The market’s story in January was that Fed tightening was about to change the investment landscape for the worse. But in the past few days stocks have bounced, apparently no longer so alarmed, says Marvin Appel of Signalert Asset Management.

The chart below shows the 7% rally in QQQ from the January 27 closing low. PowerShares QQQ Trust Ser 1 (QQQ) has been particularly sensitive to the prospect of higher interest rates, as it is filled with richly valued companies whose future earnings are not as valuable when discounted by higher interest rates. But the bounce from January 27 has seen QQQ rise more than the S&P 500 ETF Trust (SPY). Meanwhile, breakeven inflation implied by the Treasury market remains well under control, and 10-year Treasury note yields are stable this year in the 1.75%-1.85% area. All of this suggests that the markets have faith that the Federal Reserve can engineer a soft landing (raising rates and controlling inflation without precipitating a recession or bear market). The last time that happened was in 1994.

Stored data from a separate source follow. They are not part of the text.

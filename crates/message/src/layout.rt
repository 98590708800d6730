// Every limit, length and bit of the format, by name. A bit is given by its weight.

// The longest message.
pub const LONGEST: usize = 1232;

// The lengths of the fields.
pub const HEADER: usize = 2;

pub const ID: usize = 4;

pub const NODE: usize = 8;

pub const KEY: usize = 2;

pub const EXCHANGE_HEADER: usize = 1;

pub const KIND: usize = 1;

pub const EXCHANGE: usize = 2;

pub const PROFILE: usize = 4;

pub const ACKNOWLEDGED: usize = 4;

pub const TUNNEL: usize = 1;

pub const CHECK: usize = 20;

pub const FRAME: usize = 2;

// Where the fields that are always present stand, and the first that need not be.
pub const HEADER_AT: usize = 0;

pub const ID_AT: usize = HEADER_AT + HEADER;

pub const SOURCE_AT: usize = ID_AT + ID;

// The exchange fields, counted from the exchange header; the packet, from the tunnel version.
pub const KIND_AT: usize = EXCHANGE_HEADER;

pub const EXCHANGE_AT: usize = KIND_AT + KIND;

pub const PROFILE_AT: usize = EXCHANGE_AT + EXCHANGE;

pub const ACKNOWLEDGED_AT: usize = PROFILE_AT + PROFILE;

pub const PACKET_AT: usize = TUNNEL;

// The header: version in bits 15 to 12, T, S, D, encrypt type in bits 7 to 4; bits 11 and 3 to 0 are
// reserved.
pub const VERSION: u16 = 4096;

pub const RESERVED: u16 = 2048;

pub const T: u16 = 1024;

pub const S: u16 = 512;

pub const D: u16 = 256;

pub const ENCRYPT: u16 = 16;

pub const RESERVED_LOW: u16 = 16;

// The exchange header: I, A, R, a reserved bit, F, three reserved bits.
pub const I: u8 = 1;

pub const A: u8 = 2;

pub const R: u8 = 4;

// One more than the sum of I, A and R.
pub const ABOVE_FLAGS: u8 = 8;

pub const EXCHANGE_RESERVED: u8 = 8;

pub const F: u8 = 16;

pub const EXCHANGE_RESERVED_HIGH: u8 = 32;

// The values that are legal.
pub const VERSION_1: u8 = 1;

pub const VERSION_2: u8 = 2;

pub const PLAIN: u8 = 0;

pub const ENCRYPTED: u8 = 1;

pub const TUNNEL_VERSION: u8 = 1;

// The key type is bits 15 to 12 of a key id: fabric or session.
pub const KEY_TYPE: u16 = 4096;

pub const FABRIC: u16 = 1;

pub const SESSION: u16 = 2;

// A packet's family is the upper half of its first byte.
pub const FAMILY: u8 = 16;

pub const IPV4: u8 = 4;

pub const IPV6: u8 = 6;

// A packet's header: how long it is at least, where its length field stands, and what this does not
// count. The field has two bytes.
pub const IPV4_HEADER: usize = 20;

pub const IPV4_LENGTH_AT: usize = 2;

pub const IPV4_UNCOUNTED: usize = 0;

pub const IPV6_HEADER: usize = 40;

pub const IPV6_LENGTH_AT: usize = 4;

pub const IPV6_UNCOUNTED: usize = IPV6_HEADER;

pub const LENGTH_FIELD: usize = 2;

// The nodes that are nobody's.
pub const NODE_NONE: u64 = 0;

pub const NODE_ANY: u64 = 0xffff_ffff_ffff_ffff;
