// What reading, writing and the stream answer beside a value: the refusals, the head of a message, and what a stream holds.
ghost use Rattle.std.specs.Prelude.{◌≡◌, ◌++◌, ℕ, Some, codes, decimal};
ghost use Rattle.message.specs.Reasons.{number, refusal};

use crate::value::Message;
use std::error::Error;
use std::fmt;

// Why a message, a value, a buffer or a saved table was refused, each under its number.
#[derive(Clone, Copy, Debug, PartialEq, Eq)]
pub enum Reason {
    // Longer than 1,232 bytes.
    TooLong = 1,
    // Fewer bytes than the fields need.
    TooShort = 2,
    // A version other than 1 and 2.
    Version = 3,
    // A reserved bit of the header is set.
    Reserved = 4,
    // A tunnelled message of version 1.
    OldTunnel = 5,
    // An encrypt type other than 0 and 1.
    Encrypt = 6,
    // A key type other than 1 and 2.
    Key = 7,
    // A source that is all zero or all ones.
    Source = 8,
    // A destination that is all zero.
    Destination = 9,
    // F is zero, or a reserved bit of the exchange header is set.
    Exchange = 10,
    // A or R in version 1.
    OldAsks = 11,
    // A tunnel version other than 1.
    Tunnel = 12,
    // A packet that is neither IPv4 nor IPv6.
    Packet = 13,
    // Writing: an absent field is not zero, or the check bytes are not as many as they must be.
    Stray = 14,
    // The own node is all zero or all ones.
    OwnNode = 15,
    // The destination is neither the own node nor Any.
    NotOurs = 16,
    // No source in the message, and the link's node is all zero or all ones.
    Sender = 17,
    // Encrypted, and the check did not pass.
    Check = 18,
    // The output buffer is too small.
    NoRoom = 19,
    // The name has no row, and all rows are in use.
    Full = 20,
    // The name to be removed has no row.
    NoRow = 21,
    // The acknowledgement cannot be written, for a reason other than its room.
    Unwritable = 22,
    // Saved rows: a record whose mark is not 52 57.
    SavedMark = 23,
    // Saved rows: a length that is no multiple of 18, or more than 32 records.
    SavedLength = 24,
    // Saved rows: a node all zero or all ones, a key id neither 0 nor of type 1 or 2, or bit 15 set.
    SavedRow = 25,
    // Saved rows: a name twice.
    SavedTwice = 26,
    // A packet that is shorter than its own header, or of another length than that gives.
    PacketLength = 27,
}

impl Reason {
    // Its number. A method here and at the refusal of `widths`: a cast is of one enum, and no trait is over all of them.
    pub fn number(self) -> u8
        ensures { result ≡ number self }
    {
        self as u8
    }
}

// A reason, and the byte of the message that it is about.
#[derive(Clone, Copy, Debug, PartialEq, Eq)]
pub struct Refusal {
    pub reason: Reason,
    // Where a message is read, the byte at fault: the first of the field, the end where bytes are missing,
    // 1,232 where there are too many. Of any other refusal 0, and no `Option`: `refusal` says so, and C gets that number.
    pub offset: usize,
}

impl Refusal {
    // A reason, at a byte.
    pub fn at(reason: Reason, offset: usize) -> Refusal
        ensures { result ≡ record { reason = reason; offset = offset } }
    {
        Refusal { reason, offset }
    }
}

// A reason that is about no byte.
impl From<Reason> for Refusal {
    ghost from_gives = { λ reason given. given ≡ refusal reason };

    fn from(reason: Reason) -> Refusal {
        Refusal { reason, offset: 0 }
    }
}

// What was refused, by its number alone: a refusal, or a number, whose caller may have one that is no reason's.
pub trait Numbered: Copy {
    ghost numbered: { Self → ℕ };

    // Its number.
    fn number(self) -> u8
        ensures { result ≡ numbered self };
}

// That of its reason.
impl Numbered for Refusal {
    ghost numbered = { λ r. number r.reason };

    fn number(self) -> u8 {
        self.reason.number()
    }
}

impl Numbered for u8 {
    ghost numbered = { λ n. n };

    fn number(self) -> u8 {
        self
    }
}

// The number, as C gets it.
impl From<Refusal> for u32 {
    ghost from_gives = { λ r given. given ≡ number r.reason };

    fn from(refusal: Refusal) -> u32 {
        u32::from(refusal.reason.number())
    }
}

// The number, and where it is, in decimal.
impl fmt::Display for Refusal {
    ghost output = { λ r. Some (decimal (number r.reason) ++ (codes " " ++ decimal r.offset)) };

    fn fmt<W: fmt::Write>(&self, f: &mut fmt::Formatter<W>) -> fmt::Result {
        write!(f, "{} {}", self.reason.number(), self.offset)
    }
}

impl Error for Refusal {}

// What stands before the payload or the packet, beside the fields: the bits I, A and R as the wire has
// them, 0 of a tunnelled message, and how many bytes it is.
#[derive(Clone, Copy, Debug, PartialEq, Eq)]
pub struct Head {
    pub flags: u8,
    pub length: usize,
}

// A message that was taken: its value, and what stands before its payload or packet. The value stands first, so that an
// answer, which is this or a refusal, stays in registers: see `Message`.
#[derive(Clone, Copy, Debug, PartialEq, Eq)]
pub struct Taken {
    pub message: Message,
    pub head: Head,
}

// Of unframing: the length of the whole message at the front, or how many bytes are still wanted. No `Result`: a stream that
// is still on its way is not at fault.
#[derive(Clone, Copy, Debug, PartialEq, Eq)]
pub enum Unframed {
    Whole(usize),
    Incomplete(usize),
}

I will be keeping an eye on high-yield bond funds as a warning regarding economic conditions. As long as high-yield bonds are stable, recession risk is low and losses in stocks, if any, should be modest. I expect the S&P 500 to retest its January 24 intra-day low in the 4260 area at some point in the first quarter, but if that's as bad as it gets, I would consider ourselves very lucky.